その先の言葉を心の奥で押し潰したような、険しい顔で自分の胸の上で拳を握りしめている。その痛いほどの気持ちに、楓は何も言えなかった。


「俺は……」


楓は言葉の続きを待った。


「……俺は、自分の母親を殺したんだ」


その言葉を、楓は一瞬信じられなかった。しかし、こんな時に言えるような冗談ではない。楓は戸惑いを隠せないまま聡に問う。


「どうして……?」


聡は何も答えなかった。

楓は覚悟を決めたように、ブランコから立ち上がり聡の正面へと立って言った。


「あなたも……自分のお母さんのために、消えようと思ったんですね?」


聡は俯いたまま無視を続けている。


「……私も、あなたと一緒です。私も、お母さんのために消えようと思ったんです」


楓の告白に、聡はようやく顔をあげて反応を示した。


「どういう意味だ?」


「私、誕生日の前日に『お前なんか生まなければよかった』ってお母さんに泣かれちゃって……あはは」


今思い出しても辛い記憶なのに、悲しみを通り越して笑みがこぼれた。


「私の両親は小さい頃に離婚しちゃって、母親が一人でここまで育ててくれたんです。でもやっぱり、色々苦労が絶えなかったらしくて、そのストレスを暴力に変えて私にぶつけて来たんです」



・・・・・・・・・・・・・・・・・・・・・・・・


その暴力が始まったのは、いつからだったのか覚えていない。


暗くて狭いアパートの一室で、母親の帰りをずっと待っていた。たとえ顔を合せる度にぶたれても、母親の顔を見るだけで嬉しかった。だから眠たい目をこすりながら母親の帰りを待った。

そんな幼少期の記憶。


「お母さん、今日はハンバーグ作ったの。お母さんみたいに上手に作れなかったけど……」


時計の針は夜の十時を回っていた。

冷めたハンバーグを盛り付けたお皿を、落とさないように両手で母親の元へ持っていく。

けれど返ってくる返事はいつもと一緒だった。


「いらない」


無理に食べさせようとすると殴られた。だから、いらないと言われた料理は仕方なく次の日の朝ごはんに食べた。

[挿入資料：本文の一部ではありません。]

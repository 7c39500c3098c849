ghost use Rattle.std.specs.Prelude.{◌≡◌, ◌+◌, ◌≤◌, ◌<◌, None, IfOk, IfErr, ◌++◌, ◌∷◌, [], map, length};
ghost use Rattle.cx_ctree.specs.Types.{type_tree};
ghost use Rattle.cx_ctree.specs.Stmts.{stmt_tree};
ghost use Rattle.cx_ctree.specs.Decls.{typed_tree};
ghost use Rattle.cx_cmean.specs.Program.{Program};
ghost use Rattle.cx_cmean.specs.Statements as means;
ghost use Rattle.cx_gline.specs.Law.{NumbersSmall, ReturnsAgree};
ghost use Rattle.cx_gline.specs.Lines.{ConstantsSmall, CallsAgree};
ghost use Rattle.cx_goto.specs.Trees.{block_tree, code_tree};
ghost use Rattle.cx_goto.specs.Whole.{IsWhole};
ghost use Rattle.cx_lcode.specs.Lowered as spec;
ghost use Rattle.cx_lcode.specs.Needs as needs;
ghost use Rattle.cx_lcode.specs.Starts as starts;
ghost use Rattle.cx_lower.specs.Limits.{lines_of, first_passed, Tells, TellsOfNumbers, TellsOfLines};
ghost use Rattle.cx_lright.specs.Fine.{FunctionFine};
ghost use Rattle.cx_lright.specs.Right.{GivesNumbers, DoesAs};
ghost use Rattle.cx_sname.specs.File.{declared_of};

use crate::fault::{LimitKind, LowerFault};
use cx_abi::tags_are_by_members;
use cx_base::{CInt, List, NoMemory, Span};
use cx_cmean::number_in;
use cx_ctree::{CType, Typed, Unit};
use cx_goto::{Block, Code, End};
use cx_lemit::Builder;
use cx_lneed::stmt_need;
use cx_lsize::stmt_starts;
use cx_lstmt::emit_stmt;
use std::alloc::Global;

// The type of the number that a function gives.
fn result_type(ctype: &CType) -> Option<CInt>
    ensures { result ≡ spec.result_of (type_tree ctype.now) }
{
    match ctype {
        CType::Void => None,
        CType::Int(_) | CType::Ptr(_) | CType::Array(_, _) | CType::Tag(_) => Some(number_in(
            ctype,
        )),
    }
}

// How a body ends that is left without a return.
fn last_end(ctype: &CType) -> End
    ensures { result ≡ spec.last_end (type_tree ctype.now) }
{
    match ctype {
        CType::Void => End::Return(None),
        CType::Int(_) | CType::Ptr(_) | CType::Array(_, _) | CType::Tag(_) => End::Missing,
    }
}

fn closing_brace(span: Span) -> Span
    ensures { result ≡ means.closing_brace span }
{
    let first = if span.past == 0 { 0 } else { span.past - 1 };
    Span {
        first,
        past: span.past,
    }
}

// The blocks with the open one, which ends so.
fn closed(code: Builder, end: End, span: Span) -> Result<List<Block>, NoMemory>
    ensures { IfOk result (λ blocks. blocks ≡ code.blocks ++ record { keep = code.keep; lines = code.lines; end = end; span = span } ∷ []) }
{
    let mut blocks = code.blocks;
    blocks.push(Block {
        keep: code.keep,
        lines: code.lines,
        end,
        span,
    })?;
    Ok(blocks)
}

// Parameters are the first of the locals.
fn params_among(typed: &Typed, named: u32) -> u32
    ensures { length typed.now.sig.params ≤ named → result ≡ length typed.now.sig.params }
{
    let params = typed.sig.params.len();
    if params <= named as usize {
        params as u32
    } else {
        named
    }
}

// How many locals the code has, where it passes no limit of locals and of blocks.
fn locals_within(unit: &Unit, typed: &Typed) -> Result<u32, LowerFault>
    ensures exact { IfOk result (λ n. n ≡ length typed.now.locals + needs.stmt_need (declared_of unit.now) (stmt_tree typed.now.body)) }
    ensures few_locals { IfOk result (λ n. n ≤ 128) }
    ensures few_blocks { IfOk result (λ n. starts.stmt_starts (stmt_tree typed.now.body) < 512) }
    ensures limit { IfErr result (TellsOfNumbers (length typed.now.locals + needs.stmt_need (declared_of unit.now) (stmt_tree typed.now.body)) (starts.stmt_starts (stmt_tree typed.now.body) + 1)) }
{
    let kind = LimitKind::Locals;
    let named = typed.locals.len();
    if named > 128 {
        return Err(LowerFault::TooLarge { kind, limit: 128 });
    }
    let locals = named as u32 + stmt_need(unit, &typed.body);
    if locals > 128 {
        return Err(LowerFault::TooLarge { kind, limit: 128 });
    }
    if stmt_starts(&typed.body) >= 512 {
        let kind = LimitKind::Blocks;
        return Err(LowerFault::TooLarge { kind, limit: 512 });
    }
    Ok(locals)
}

// The blocks of the code, where its lines pass no limit.
fn blocks_within(
    alloc: Global,
    unit: &Unit,
    typed: &Typed,
    named: u32,
) -> Result<List<Block>, LowerFault>
    requires named { named ≡ length typed.now.locals }
    requires few_locals { named + needs.stmt_need (declared_of unit.now) (stmt_tree typed.now.body) ≤ 128 }
    requires few_blocks { starts.stmt_starts (stmt_tree typed.now.body) < 512 }
    ensures exact { IfOk result (λ bs. map block_tree bs ≡ (spec.lowered (declared_of unit.now) unit.now.tokens (typed_tree typed.now)).blocks) }
    ensures few_lines { IfOk result (λ bs. lines_of (spec.lowered (declared_of unit.now) unit.now.tokens (typed_tree typed.now)).blocks ≤ 4096) }
    ensures limit { IfErr result (TellsOfLines (lines_of (spec.lowered (declared_of unit.now) unit.now.tokens (typed_tree typed.now)).blocks)) }
{
    let mut code = Builder {
        blocks: List::new(alloc),
        keep: named,
        lines: List::new(alloc),
        count: 0,
    };
    let given = &typed.sig.result;
    emit_stmt(unit, named, &mut code, 0, 0, 0, &typed.body, given)?;
    if code.count > 4096 {
        let kind = LimitKind::Instructions;
        return Err(LowerFault::TooLarge { kind, limit: 4096 });
    }
    let span = closing_brace(typed.body.span);
    let blocks = closed(code, last_end(given), span)?;
    Ok(blocks)
}

/// The code of the function, for a tree that is fine: locals exist, no name is left, operators take
/// their operands, and calls have as many arguments as their functions have parameters. It is that of
/// the tables, and a run of it does what the function does, where callees that are declared with a
/// result give one.
///
/// Each call in it has as many arguments as the function of its name has parameters. Where the returns
/// of the tree give a value exactly in a function with a result, the blocks and locals that the code
/// names are there, and its returns have a local exactly in such a function. Where the numbers in the
/// tree and of the enumeration constants have absolute values of at most 2^96, those of the code's
/// constants have too.
///
/// `TooLarge` comes exactly where that code passes a limit, and tells the first of: 128 locals with
/// temporaries, 512 blocks, 4096 lines of all blocks.
pub fn lower(alloc: Global, unit: &Unit, typed: &Typed) -> Result<Code, LowerFault>
    ensures code { FunctionFine (declared_of unit.now) (typed_tree typed.now) → IfOk result (λ code. code_tree code ≡ spec.lowered (declared_of unit.now) unit.now.tokens (typed_tree typed.now)) }
    ensures within { FunctionFine (declared_of unit.now) (typed_tree typed.now) → IfOk result (λ code. first_passed (code_tree code) ≡ None) }
    ensures limit { FunctionFine (declared_of unit.now) (typed_tree typed.now) → IfErr result (Tells (spec.lowered (declared_of unit.now) unit.now.tokens (typed_tree typed.now))) }
    ensures right { FunctionFine (declared_of unit.now) (typed_tree typed.now) → IfOk result (λ code. (p : Program) → p.unit ≡ (declared_of unit.now) → GivesNumbers p → DoesAs p (code_tree code) (typed_tree typed.now)) }
    ensures whole { FunctionFine (declared_of unit.now) (typed_tree typed.now) → ReturnsAgree (typed_tree typed.now) → IfOk result (λ code. IsWhole code) }
    ensures constants { FunctionFine (declared_of unit.now) (typed_tree typed.now) → NumbersSmall (declared_of unit.now) (typed_tree typed.now) → IfOk result (λ code. ConstantsSmall (code_tree code)) }
    ensures calls { FunctionFine (declared_of unit.now) (typed_tree typed.now) → IfOk result (λ code. CallsAgree (declared_of unit.now) (code_tree code)) }
{
    tags_are_by_members(unit);
    let locals = locals_within(unit, typed)?;
    let named = typed.locals.len() as u32;
    let blocks = blocks_within(alloc, unit, typed, named)?;
    Ok(Code {
        name_span: typed.name_span,
        params: params_among(typed, named),
        named,
        locals,
        result: result_type(&typed.sig.result),
        blocks,
    })
}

それでも楓は遅くまで働いてくれている母のために料理を作り続けた。


「お母さん、今日は肉じゃが作ったんだけど……」


母親の顔色を窺いながらお鍋に入った肉じゃがを差し出した。


「ん、置いといて」


楓は嬉しそうに肉じゃがを温め直し、お皿に盛り付けた。そして数時間後空になったお皿を見て、些細な幸せに涙を流す日も少なくはなかった。


そんな小学生時代。


中学に入ってからは家事全般が楓の仕事となり、母親が帰って来ない日も度々あった。それでも、楓は料理を作り続けた。


「楓、ちょっといい?」


久しぶりの休日に、珍しく母は家でのんびり過ごしていた。

声を掛けられたこと自体が嬉しかった楓は、洗濯物を干していた手を止め、母親の元へ駆け寄った。


「どうしたの?お母さん」


「あんたに、新しいお父さんが出来るかもしれない」


恥ずかしそうに言う母の言葉に驚いたが、何よりも幸せそうなその表情に、楓は嬉しくて堪らなかった。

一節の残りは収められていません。